By Maurits Elen
China’s vaccine manufacturers are gearing up to push international vaccines exports over the next few years, with the move expected to challenge traditional dominance in vaccine production by Western pharmaceutical companies.
Reports from UNICEF indicate that Western drugmakers frequently charged the United Nations-affiliated agency double the price asked by companies in India and Indonesia.
This past March, Chinese vaccines received the World Health Organization’s approval to be sold to U.N agencies and the Gavi Alliance, with China’s drug safety authority reportedly meeting international standards for vaccine regulation.

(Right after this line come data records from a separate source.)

//! The modes in which a lock on a name may be held.

/// How a lock on a name is held: by many who read, or by one who writes. Resolver, "Named Locks".
#[derive(Clone, Copy, PartialEq, Eq)]
pub enum Mode {
    Shared,
    Exclusive,
}
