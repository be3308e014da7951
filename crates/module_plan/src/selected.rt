// What a plan is made from, and what comes with it.
use build_core::Plan;
use classpaths::Resolution;
use goal_types::{Slot, SourceFile};
use model_types::Model;
use mvn_base::FileName;
use mvn_shared::{Bytes, List, Shared, Text};

/// A module that is built, with all that its plan is made from.
#[derive(Drop)]
pub struct SelectedModule {
    /// Its effective model.
    pub model: Shared<Model>,
    /// The bytes of its POM.
    pub pom: Bytes,
    pub resolution: Resolution,
    /// The modules that are to be built before it, by their places among the selected ones, ascending.
    pub upstream: List<u32>,
    pub sources: List<SourceFile>,
}

/// A file that a module may be installed as: its name, and which output of the module it has.
#[derive(Drop)]
pub struct Output {
    pub slot: Slot,
    pub name: FileName,
}

/// A plan, with what is shown of its modules, all in the order of the build.
#[derive(Drop)]
pub struct Planned {
    pub plan: Plan,
    pub models: List<Shared<Model>>,
    pub resolutions: List<Resolution>,
    /// The goals without a phase, each as `artifact:goal execution`.
    pub unbound: List<List<Text>>,
}
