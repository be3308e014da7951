//! A project of as many POMs as one asks for is generated in memory, with the remote repository that it needs.
//!
//! 1. `tree::generated` gives the files of the project: a root, and modules (`poms::module_pom`) each of which stands
//!    on another and on a library.
//! 2. `repository::remote_files` gives the files of the libraries.
//! 3. `told::summary` gives what a build of it tells in place of the report.
//!
//! All of this is a project rule.
#![tactic(auto)]

mod poms;
mod repository;
mod told;
mod tree;

pub use told::{summary, summary_with};
pub use tree::{Project, generated};
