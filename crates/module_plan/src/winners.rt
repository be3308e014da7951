// What the goals of a module use of its dependencies.
ghost use Rattle.std.specs.Prelude.{◌≡◌, true, List as Items, ℕ, Option, None, Some, codes, IfOk};
ghost use Rattle.std.specs.List.{list_any};
ghost use Rattle.mvn_base.specs.FileName.{is_classifier};
ghost use Rattle.goal_types.specs.declared.goal.GoalCall as goal_calls;
ghost use Rattle.classpaths.specs.Classpaths.{artifact_file, classifier_of, HasNames};
ghost use Rattle.module_plan.specs.Uses.{attached_slot, has_names, is_main_type, is_needed, needs_path, slot_by, slot_of};

use classpaths::Resolved;
use goal_types::{GoalCall, Need, Slot};
use mvn_base::{FileName, TypeRule, file_of, handler, valid_group, valid_name, valid_version};
use mvn_shared::{Mem, Text};
use std::alloc::Global;

// Whether a goal needs a classpath.
fn is_needed(need: Need) -> bool
    ensures { result ≡ is_needed need }
{
    match need {
        Need::Nothing => false,
        Need::Compile => true,
        Need::Runtime => true,
        Need::Test => true,
    }
}

/// Whether some goal needs a classpath. Costs a look at each.
pub fn needs_path(calls: &[GoalCall]) -> bool
    ensures { result ≡ needs_path calls.now }
{
    for call in calls {
        if is_needed(call.need) {
            return true;
        }
    }
    false
}

// Whether the classifier is empty or a name.
fn valid_classifier(text: &Text) -> bool
    ensures { result ≡ is_classifier text.now }
{
    text.is_empty() || valid_name(text.as_bytes())
}

/// Whether the names of a dependency are valid, so that it has files. Costs their length.
pub fn has_names(winner: &Resolved) -> bool
    ensures { result ≡ has_names winner.now }
{
    valid_group(winner.gav.group.as_bytes())
        && valid_name(winner.gav.artifact.as_bytes())
        && valid_version(winner.gav.version.as_bytes())
        && valid_name(winner.kind.as_bytes())
        && valid_classifier(&winner.classifier)
}

// The classifier that is declared, or the one of the type.
fn classifier_of<'a>(winner: &'a Resolved, rule: &'a TypeRule) -> &'a Text
    ensures { result.now ≡ classifier_of winner.now rule.now }
{
    if winner.classifier.is_empty() {
        &rule.classifier
    } else {
        &winner.classifier
    }
}

// The name of the artifact's file.
fn file_by(alloc: Global, winner: &Resolved) -> Mem<FileName>
    requires { HasNames winner.now }
    ensures { IfOk result (λ name. name ≡ artifact_file winner.now) }
{
    let rule = handler(alloc, &winner.kind)?;
    file_of(
        alloc,
        &winner.gav,
        classifier_of(winner, &rule),
        &rule.extension,
    )
}

/// The name of a dependency's file. Costs its length. Maven's repository layout.
#[tactic(auto, using(crate::proofs::Naming::names_of))]
pub fn artifact_file(alloc: Global, winner: &Resolved) -> Mem<FileName>
    requires { has_names winner.now ≡ true }
    ensures { IfOk result (λ name. name ≡ artifact_file winner.now) }
{
    file_by(alloc, winner)
}

// Which output a classifier names.
fn attached_slot(classifier: &str) -> Option<Slot>
    ensures { result ≡ attached_slot classifier.now }
{
    if classifier == "tests" {
        Some(Slot::Tests)
    } else if classifier == "sources" {
        Some(Slot::Sources)
    } else if classifier == "javadoc" {
        Some(Slot::Javadoc)
    } else {
        None
    }
}

// Whether a module's main output has a type.
fn is_main_type(kind: &str) -> bool
    ensures { result ≡ is_main_type kind.now }
{
    kind == "jar" || kind == "ejb" || kind == "war" || kind == "ear" || kind == "rar"
}

// Which of a module's outputs has a type, a classifier and an extension.
fn slot_by(kind: &str, classifier: &str, extension: &str) -> Option<Slot>
    ensures { result ≡ slot_by kind.now classifier.now extension.now }
{
    if classifier.is_empty() {
        if is_main_type(kind) {
            return Some(Slot::Main);
        }
        return None;
    }
    if extension == "jar" {
        return attached_slot(classifier);
    }
    None
}

/// Which of a module's outputs a dependency is; of some there is none. Costs its type. Maven's default artifact handlers.
pub fn slot_of(alloc: Global, winner: &Resolved) -> Mem<Option<Slot>>
    ensures { IfOk result (λ slot. slot ≡ slot_of winner.now) }
{
    let rule = handler(alloc, &winner.kind)?;
    let classifier = classifier_of(winner, &rule);
    Ok(slot_by(
        winner.kind.as_str(),
        classifier.as_str(),
        rule.extension.as_str(),
    ))
}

Hindered by ”Made in China” label
It may take some time, however, before some parts of the world are ready to embrace Chinese vaccines, due to previous health concerns involving Chinese products. The country still lacks consumer confidence, especially given the food, drug and other scandals that have recenty plagued the nation.
In 2007, Chinese cough syrup killed 93 people in Central America, and one year later, contaminated blood thinner led to dozens of deaths in the United States, while tainted milk powder resulted in the deaths of six babies, with hundreds of thousands of other Chinese babies also poisoned.
Helen Yang of the NASDAQ-listed Chinese biotech firm Sinovac (which developed the H1N1 swine flu vaccine) also had second thoughts about China’s entry into the market:
“We think the main obstacle is that we still harbor the name of ‘made in China’. That is an issue. More needs to be done to build confidence in Chinese vaccines overseas.”
China’s global food reputation has been scarred by past scandals and still has a long way to go to inspire any confidence from the international community in Chinese vaccines.